There are some other bases of pricing, which are given below:

i. Price Bundling: Some products require a mixture of tangible and intangible elements.

Many hospitals and restaurants fall in the middle of the continuum because they rely on expensive equipment or facilities and skilled personnel to deliver a product.

If people prefer to avoid making many small payments, price bundling may be preferable – and it is certainly simpler to administer.

However, if practice customers dislike being charged for product elements they do not use, itemized pricing price may be better.

Bundled prices offer guaranteed revenue from each customer while giving users a clear idea in advance of how much the bill will be. By contrast, unbundled pricing provides customers with flexibility.

ii. Discounting: To attract the attention of prospective buyers or to boost sales during a period of low demand, firms may discount their prices, often publicizing this price cut with coupons or an advertising campaign.

Marketers of subscription services, such as cable television, internet service, cellular telephone service, or credit cards, often employ a strategy of offering the service at a discount – or even free of charge – for an introductory or a promotion period.

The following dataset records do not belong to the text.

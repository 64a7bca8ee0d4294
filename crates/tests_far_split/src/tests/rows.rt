//! Texts with the replies that were worked out by hand, whatever order the threads come in.

use super::talk::{printed, prints};
use far_evac::RoundEnd;
use far_reply::{LogLine, Reply};
use far_split::{NoGate, Replies, SplitOut, Told, run_split};
use std::alloc::{AllocError, Global};
use std::str;
use std::sync::Wait;
use std::thread::Threads;

/// Two mutators, each with an object.
pub(super) const TWO: &str = "\
heap 4 2
new 0 8 1
new 1 8 1
open 0
write 0 0 0 0a
read 0 0 0 1
open 1
read 1 256 0 1
";

/// What a run of them prints.
pub(super) const TWO_TOLD: &str = "\
mutator 0
pointer 0
ok
ok
data 0a
mutator 1
pointer 256
ok
data 00
book
";

#[test]
fn each_mutator_has_its_own_replies(rt: HostRuntime) {
    assert!(rt; prints(&rt, rt.alloc(), TWO, &NoGate, TWO_TOLD));
}

const ONE: &str = "\
heap 4 1
new 0 9 1
open 0
write 0 0 8 ff
read 0 0 0 9
close 0
drop 0 0
audit
";

#[test]
fn one_mutator_runs_beside_the_book(rt: HostRuntime) {
    let told = printed(&rt, rt.alloc(), ONE, &NoGate);
    let wanted =
        b"mutator 0\npointer 0\nok\nok\ndata 0000000000000000ff\nok\nok\nbook\naudit near ";
    assert!(rt; matches!(&told, Some(told) if told.starts_with(wanted)));
}

fn is_pointer(told: &Told<'_>, wanted: u16) -> bool {
    matches!(told, Told::Reply(Reply::Pointer(pointer)) if *pointer == wanted)
}

fn is_done(told: &Told<'_>) -> bool {
    matches!(told, Told::Reply(Reply::Done))
}

fn is_byte(told: &Told<'_>, wanted: u8) -> bool {
    matches!(told, Told::Reply(Reply::Data(bytes)) if *bytes == [wanted].as_slice())
}

// Whether these are the replies to what the first mutator of two asks.
fn is_first(told: &Replies) -> bool {
    told.len() == 4
        && is_pointer(&told.at(0), 0)
        && is_done(&told.at(1))
        && is_done(&told.at(2))
        && is_byte(&told.at(3), 10)
}

fn is_second(told: &Replies) -> bool {
    told.len() == 3
        && is_pointer(&told.at(0), 256)
        && is_done(&told.at(1))
        && is_byte(&told.at(2), 0)
}

// Whether a run of the text for two gives each of them its replies, and the book none.
fn are_of_two<R: Threads + Wait + Sync>(rt: &R, alloc: Global) -> bool {
    let Ok(SplitOut::Ran { mutators, book }) = run_split(alloc, rt, TWO.as_bytes(), &NoGate) else {
        return false;
    };
    let [first, second] = mutators.as_slice() else {
        return false;
    };
    book.is_empty() && is_first(first) && is_second(second)
}

#[test]
fn replies_have_types(rt: HostRuntime) {
    assert!(rt; are_of_two(&rt, rt.alloc()));
}

// Whether a log of an empty heap is told: it has nothing.
fn is_unused(line: LogLine, log: u8) -> bool {
    line.log == log && line.live == 0 && line.dead == 0 && line.unused == 4096
}

fn are_unused(told: &Told<'_>, first: u8, count: usize) -> bool {
    match told {
        Told::Logs(lines) => {
            lines.len() == count && count > 0 && is_unused(lines.at(count - 1), first)
        }
        Told::Reply(_) => false,
    }
}

fn are_counted(told: &Told<'_>) -> bool {
    matches!(told, Told::Reply(Reply::Audited(counts)) if counts.near == 0 && counts.live == 0)
}

fn is_none(told: &Told<'_>) -> bool {
    matches!(told, Told::Reply(Reply::Ended(RoundEnd::Nothing)))
}

// Whether these are the book's replies to what it is asked of an empty heap.
fn is_books(told: &Replies) -> bool {
    told.len() == 5
        && are_unused(&told.at(0), 63, 64)
        && are_unused(&told.at(1), 9, 1)
        && are_counted(&told.at(2))
        && is_none(&told.at(3))
        && are_unused(&told.at(4), 63, 64)
}

// Whether a run of these inquiries gives those replies.
fn are_books<R: Threads + Wait + Sync>(rt: &R, alloc: Global) -> bool {
    let text = b"heap 64 1\nlogs\nlog 9\naudit\nround oldest 1 9\nlogs\n";
    match run_split(alloc, rt, text, &NoGate) {
        Ok(SplitOut::Ran { book, .. }) => is_books(&book),
        _ => false,
    }
}

#[test]
fn the_books_replies_have_types(rt: HostRuntime) {
    assert!(rt; are_books(&rt, rt.alloc()));
}

// What each of eight mutators asks, and the book beside it: M is its number, P that of its first pointer.
const LINES: &str = "\
new M 8 1
new M 4088 2
open M
write M P 0 0102030405060M
close M
round oldest 2 100
log M
open M
read M P 0 8
close M
round leastlive 1 100
";

// What it is answered: Q is the number of its second pointer.
const ANSWERS: &str = "\
mutator M
pointer P
pointer Q
ok
ok
ok
ok
data 0102030405060M00
ok
";

// The number of each mutator, and those of its two pointers.
const EIGHT: [(&str, &str, &str); 8] = [
    ("0", "0", "1"),
    ("1", "256", "257"),
    ("2", "512", "513"),
    ("3", "768", "769"),
    ("4", "1024", "1025"),
    ("5", "1280", "1281"),
    ("6", "1536", "1537"),
    ("7", "1792", "1793"),
];

// Adds a form for a mutator.
fn push_filled(
    text: &mut String,
    alloc: Global,
    form: &str,
    of: (&str, &str, &str),
) -> Result<(), AllocError> {
    let (mutator, first, next) = of;
    for sign in form.chars() {
        match sign {
            'M' => text.push_str(mutator)?,
            'P' => text.push_str(first)?,
            'Q' => text.push_str(next)?,
            _ => text.push(sign)?,
        }
    }
    Ok(())
}

// Whether these are replies to rounds, and to logs between them.
fn are_of_rounds(replies: &str) -> bool {
    let mut count = 0u64;
    for line in replies.lines() {
        if !line.starts_with("round ") && !line.starts_with("log ") && line != "refused 12" {
            return false;
        }
        count = count.saturating_add(1);
    }
    count == 24
}

// Whether they print what eight mutators are answered, and after it what the book is.
fn is_of_eight(told: Option<Vec<u8>>, wanted: &str) -> bool {
    let Some(told) = told else {
        return false;
    };
    let Ok(told) = str::from_utf8(&told) else {
        return false;
    };
    match told.strip_prefix(wanted) {
        Some(replies) => are_of_rounds(replies),
        None => false,
    }
}

// The text of eight mutators, and what they are answered.
fn texts_of_eight(alloc: Global) -> Result<(String, String), AllocError> {
    let mut text = String::new(alloc);
    let mut wanted = String::new(alloc);
    text.push_str("heap 64 8\n")?;
    for of in EIGHT {
        push_filled(&mut text, alloc, LINES, of)?;
        push_filled(&mut wanted, alloc, ANSWERS, of)?;
    }
    wanted.push_str("book\n")?;
    Ok((text, wanted))
}

#[test]
fn eight_mutators_run_beside_rounds(rt: HostRuntime) {
    let Ok((text, wanted)) = texts_of_eight(rt.alloc()) else {
        panic!(rt; "no text is made");
    };
    for _ in 0..20u8 {
        assert!(rt; is_of_eight(printed(&rt, rt.alloc(), &text, &NoGate), &wanted));
    }
}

Selective price discounting targeted at specific market segments can help to fill capacity that would otherwise go unused.

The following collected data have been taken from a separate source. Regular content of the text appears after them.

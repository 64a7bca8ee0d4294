//! A gate under which lines are made one after the other, in an order.

use super::tally::Tally;
use far_split::Gate;

/// Lets a line be made once all before it are answered.
#[derive(Drop)]
pub(super) struct Turns<'a> {
    // The thread of each line.
    order: &'a [u8],
    made: Tally,
}

impl<'a> Turns<'a> {
    pub(super) fn new(order: &'a [u8]) -> Turns<'a> {
        Turns {
            order,
            made: Tally::new(),
        }
    }

    /// Whether all lines were made.
    pub(super) fn are_over(&self) -> bool {
        self.made.count() == self.order.len() as u64
    }

    // How many lines come before a thread's line of this turn, which there must be.
    fn place(&self, who: u8, turn: u32) -> u64 {
        let mut left = turn;
        for (place, thread) in self.order.iter().enumerate() {
            if *thread == who {
                if left == 0 {
                    return place as u64;
                }
                left -= 1;
            }
        }
        u64::MAX
    }
}

impl Gate for Turns<'_> {
    ghost refuses = { λ gate who turn. Unit {0} };

    fn before(&self, who: u8, turn: u32) -> bool {
        self.made.wait_for(self.place(who, turn))
    }

    fn after(&self, _who: u8, _turn: u32) {
        self.made.raise();
    }
}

3. Collection of Payment: Sometimes, firms choose to delegate the provision of supplementary services like billing to an intermediary.

Although the original supplier pays a commission, using a third party may still be cheaper and more efficient than performing those tasks itself.

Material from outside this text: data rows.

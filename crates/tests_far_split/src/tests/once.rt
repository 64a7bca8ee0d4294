//! What a thread leaves alone: a scope that is open after its last line, and a round that it has made.

use super::talk::prints;
use super::turns::Turns;
use far_split::THE_BOOK;

const B: u8 = THE_BOOK;

// A scope that is open after its thread's last line stays open: rounds of many turns wait for it, whatever its thread has done meanwhile.
const LEFT_OPEN: &str = "\
heap 4 2
new 0 8 1
new 1 4088 1
open 0
view 0 0
round oldest 1 2000
round oldest 1 9
";

const LEFT_OPEN_TOLD: &str = "\
mutator 0
pointer 0
ok
ok
mutator 1
pointer 256
book
round limit waiting
refused 12
";

#[test]
fn a_scope_left_open_stays_open(rt: HostRuntime) {
    let gate = Turns::new(&[0, 1, 0, 0, B, B]);
    assert!(rt; prints(&rt, rt.alloc(), LEFT_OPEN, &gate, LEFT_OPEN_TOLD));
    assert!(rt; gate.are_over());
}

// Three logs are sealed, with an object each. A round is of one of them, and the next of the two that are left.
const ROUNDS: &str = "\
heap 6 1
new 0 4088 1
new 0 4088 1
new 0 4088 1
new 0 8 1
round oldest 1 9
audit
log 0
log 1
round oldest 2 9
audit
round oldest 2 9
";

const ROUNDS_TOLD: &str = "\
mutator 0
pointer 0
pointer 1
pointer 2
pointer 3
book
round done moved 0 far 1 dropped 0 freed 1
audit near 3 far 1 live 8208
log 0 free live 0 dead 0 unused 4096
log 1 sealed live 4096 dead 0 unused 0
round done moved 0 far 2 dropped 0 freed 2
audit near 1 far 3 live 16
round none
";

#[test]
fn a_round_line_is_made_once(rt: HostRuntime) {
    let gate = Turns::new(&[0, 0, 0, 0, B, B, B, B, B, B, B]);
    assert!(rt; prints(&rt, rt.alloc(), ROUNDS, &gate, ROUNDS_TOLD));
    assert!(rt; gate.are_over());
}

Commonly used intermediaries include travel agents who make hotel and transportation bookings; ticket agents who sell seats for theatres, concert halls, and sports stadiums; and retailers who sell services ranging from prepaid phone cards to home and equipment repair.

4. Place of Payment: Payment for many services is collected at the service facility just before or immediately following service delivery.

When consumers purchase a service well in advance of using it, there are obvious benefits to using intermediaries that are more conveniently located or allowing payment by mail (airports, theatres, and stadiums, e.g., are often situated some distance from where potential customers live or work.)

A growing number of service providers now accept credit cards for telephone bookings and sales over the internet.

5. Timing of Payment: Two basic options are to ask customers to pay in advance (e.g., an admission charge, airline ticket, or postage stamps) or to bill them on completion of service delivery (e.g., restaurant bills and repair charges).

Occasionally a service provider may ask for an initial payment in advance of service delivery, with the balance being due later (e.g., management consulting).

This approach is also quite common with expensive repair and maintenance jobs, especially when the firm – often a small business with limited working capital – must buy materials upfront.

6. Mode of Payment: Service businesses must decide on the types of payments they will accept. Although cash is a simple payment method, it raises security problems and is not always convenient for customers (especially for large purchases).

Checks are convenient for customers, but sellers need to develop controls to discourage invalid payment. Credit cards are convenient and have the advantage of being accepted worldwide, regardless of currency.

Businesses that refuse to accept such cards increasingly find themselves at a competitive disadvantage.

7. Communicating Prices to the Target Markets: The final task is to decide how the organization’s pricing policies can best be communicated to its target markets.

People need to know the price for some product offerings well in advance of purchase. They may also need to know how, where, and when that service is payable.

This information must be presented in ways that are intelligible and unambiguous so that customers will not feel misled.

Customers expect salespeople and service representatives to be able to give prompt, accurate responses to queries about pricing, payment, and credit.

Finally, when the price is presented in the form of an itemized bill, marketers should ensure that it is both accurate and intelligible.